S-scheme Cs2AgBiBr6/Ag3PO4 heterojunction with efficient photocatalysis performance for H2 production and organic pollutant degradation under visible light

A dual-function S-scheme Cs2AgBiBr6/Ag3PO4 (CA) heterojunction photocatalyst with nano-flower structure was synthesized to achieve green energy hydrogen (H2) production and persistent organic pollutants degradation under visible light. The high crystalline quality and strong interface of CA enhanced the photocatalysis performance. Specifically, the photodegradation efficiency of tetracycline hydrochloride (TC) reached to 92.43 % in 60 min. And the yield of photocatalytic H2 evolution (PHE) accumulated about 4915.4 mu mol/g within 6 h. The effects of initial pH, catalysts dosage, initial TC concentration and various sacrificial agents were investigated. It was found that the photocatalytic performance of CA for TC degradation and PHE was mainly affected by pH and various sacrificial agents.
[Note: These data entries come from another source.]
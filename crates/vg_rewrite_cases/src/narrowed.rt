//! Each number in the widths that are asked of it.

use crate::units::{numbered, spelled};
use std::alloc::Global;
use std::process::Abort;
use std::test::Fail;
use vg_rewrite::{narrowed, narrowed_units};

// A kernel, and the lines of what its units become.
struct Row {
    kernel: &'static str,
    units: &'static str,
}

const ROWS: [Row; 5] = [
    // A weighted sum of bytes fits 16 bits, and so does the shift that is cut to a byte.
    Row {
        kernel: "kernel sum(d: noalias ptr, p: ptr, q: ptr) {
            store8(d, trunc8(lshr(zext32(load8(p)) * 3i32 + zext32(load8(q)), 2))); }",
        units: "load8 p1+0
Zext16 from 8 v0
Mul16 v1 3:16
load8 p2+0
Zext16 from 8 v3
Add16 v2 v4
Lshr16 v5 by 2
Trunc8 from 16 v6
store8 p0+0 v7
",
    },
    // The low bits of a negative number that is shifted come from above a byte.
    Row {
        kernel: "kernel half(d: noalias ptr, p: ptr) {
            store8(d, trunc8(lshr(sext32(load8(p)) + 1i32, 1))); }",
        units: "load8 p1+0
Sext16 from 8 v0
Add16 v1 1:16
Lshr16 v2 by 1
Trunc8 from 16 v3
store8 p0+0 v4
",
    },
    // Bytes compare as bytes, without a sign.
    Row {
        kernel: "kernel least(d: noalias ptr, p: ptr) {
            a = zext32(load8(p)); b = zext32(load8(p + 1));
            store8(d, trunc8(select(slt(a, b), a, 5i32))); }",
        units: "load8 p1+0
load8 p1+1
Ult8 v0 v1
Select8 v2 v0 5:8
store8 p0+0 v3
",
    },
    // The low half of a product is that of the low halves; a load that nothing asks for stays.
    Row {
        kernel: "kernel low(d: noalias ptr, p: ptr, n: i32) {
            store16(d, trunc16(n * sext32(load16(p)))); x = load64(p + 8); }",
        units: "Trunc16 from 32 v0
load16 p1+0
Mul16 v1 v2
store16 p0+0 v3
load64 p1+8
",
    },
    // A byte and a word are asked of one load, and an operation that nothing asks for is gone.
    Row {
        kernel: "kernel two(d: noalias ptr, p: ptr) {
            a = load32(p); b = a * a; store8(d, trunc8(a)); store32(d + 4, a + 1i32); }",
        units: "load32 p1+0
Trunc8 from 32 v0
store8 p0+0 v1
Add32 v0 1:32
store32 p0+4 v3
",
    },
];

fn assert_narrowed(rt: &impl Abort, alloc: Global, row: &Row) -> Result<(), Fail> {
    let ssa = numbered(alloc, row.kernel)?;
    let units = narrowed_units(alloc, &ssa)?;
    let shown = spelled(alloc, &units)?;
    assert!(rt; shown.as_str() == row.units, "{}", shown.as_str());
    Ok(())
}

#[test]
fn numbers_are_made_in_the_width_that_they_need(rt: HostRuntime) -> Result<(), Fail> {
    for row in ROWS.iter() {
        assert_narrowed(&rt, rt.alloc(), row)?;
    }
    Ok(())
}

// The numbered values have the same units.
fn assert_numbered(rt: &impl Abort, alloc: Global, row: &Row) -> Result<(), Fail> {
    let ssa = numbered(alloc, row.kernel)?;
    match narrowed(alloc, &ssa)? {
        None => assert!(rt; false, "too many units"),
        Some(new) => {
            let shown = spelled(alloc, new.units.as_slice())?;
            assert!(rt; shown.as_str() == row.units, "{}", shown.as_str());
        }
    }
    Ok(())
}

#[test]
fn narrowed_units_are_numbered(rt: HostRuntime) -> Result<(), Fail> {
    for row in ROWS.iter() {
        assert_numbered(&rt, rt.alloc(), row)?;
    }
    Ok(())
}
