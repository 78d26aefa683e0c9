//! Cases of rewritten units: kernels, and what their units become.
#![tactic(auto)]

#[cfg(test)]
mod narrowed;
#[cfg(test)]
mod repeated;
#[cfg(test)]
mod units;
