//! Comparisons.

ghost use Rattle.std.specs.Prelude.{◌≡◌, if◌then◌else◌};
ghost use Rattle.vg_base.specs.Width.{bits_of};
ghost use Rattle.vg_scalar.specs.Scalar.{comparison_result};

use crate::low::{is_less_signed, low};
use vg_base::width::Width;

/// A comparison of two numbers of one width, which gives a number of one bit.
#[derive(Clone, Copy, Debug)]
pub enum Comparison {
    /// The two are equal.
    Eq,
    /// The first is less in two's complement.
    Slt,
    /// The first is less, both without a sign.
    Ult,
}

impl Comparison {
    /// 1 where it holds, else 0. Of each number the low bits count.
    pub fn apply(self, width: Width, left: u64, right: u64) -> u64
        ensures { result ≡ comparison_result self (bits_of width) left right }
    {
        let first = low(width, left);
        let second = low(width, right);
        match self {
            Comparison::Eq => bit(first == second),
            Comparison::Slt => bit(is_less_signed(width, left, right)),
            Comparison::Ult => bit(first < second),
        }
    }
}

fn bit(holds: bool) -> u64
    ensures { result ≡ (if holds then 1 else 0) }
{
    if holds { 1 } else { 0 }
}
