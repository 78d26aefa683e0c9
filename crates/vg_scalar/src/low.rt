//! The low bits of numbers, read with and without a sign.

ghost use Rattle.std.specs.Prelude.{◌≡◌, ◌≤◌, ◌<◌, ◌^◌, int_lt, nat_lt};
ghost use Rattle.vg_base.specs.Width.{bits_of};
ghost use Rattle.vg_base.specs.Number.{residue};
ghost use Rattle.vg_scalar.specs.Scalar.{low, low_signed};

use vg_base::number::{signed, unsigned};
use vg_base::width::Width;

/// The low bits of a number.
pub(crate) fn low(width: Width, number: u64) -> u64
    ensures is { result ≡ low (bits_of width) number }
    ensures below { result < 2 ^ bits_of width }
{
    match width {
        Width::W8 => number % (1 << 8),
        Width::W16 => number % (1 << 16),
        Width::W32 => number % (1 << 32),
        Width::W64 => number,
    }
}

/// The low bits of a number in two's complement.
pub(crate) fn low_signed(width: Width, number: u64) -> i128
    ensures { result ≡ low_signed (bits_of width) number }
{
    signed(number as u128, width.bits())
}

/// The low bits of a whole number.
pub(crate) fn low_of_whole(width: Width, number: i128) -> u64
    ensures is { result ≡ residue (bits_of width) number }
    ensures below { result < 2 ^ bits_of width }
{
    unsigned(number, width.bits()) as u64
}

/// Whether the first is less, both read in two's complement.
pub(crate) fn is_less_signed(width: Width, left: u64, right: u64) -> bool
    ensures { result ≡ int_lt (low_signed (bits_of width) left) (low_signed (bits_of width) right) }
{
    low_signed(width, left) < low_signed(width, right)
}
The TC degradation efficiency and PHE yield remained at 89.3 % and 3798.12 mu mol/g in the fifth time photocatalytic cycle experiment, showing a high photostability of CA. Additionally, the photodegradation kinetics of TC was fitted well the pseudo-first-order mode and the rate constant k (0.0931 min-1) proved fast photodegradation rate. The analysis of the charge transfer mechanism and density functional theory calculation revealed that more photoinduced active species (holes, center dot OZ and center dot OH) were inspired and attacked nucleophilic and radical reaction sites on TC molecules. Furthermore, the emerging intermediates were detected by LC-MS, and the three possible degradation pathways of TC were proposed.

Automated summary

A dual-function S-scheme Cs2AgBiBr6/Ag3PO4 (CA) heterojunction photocatalyst with nano-flower structure was synthesized and shown to have excellent performance in green energy hydrogen production and organic pollutants degradation under visible light. The catalyst exhibited high crystalline quality and strong interfaces, enabling efficient degradation of drugs and significant production of hydrogen within a short period of time. The study also investigated the effects of pH, catalyst dosage, initial drug concentration, and various sacrificial agents on the degradation and hydrogen production, with pH and sacrificial agents being the main influencing factors. The catalyst demonstrated good photostability in cyclic experiments.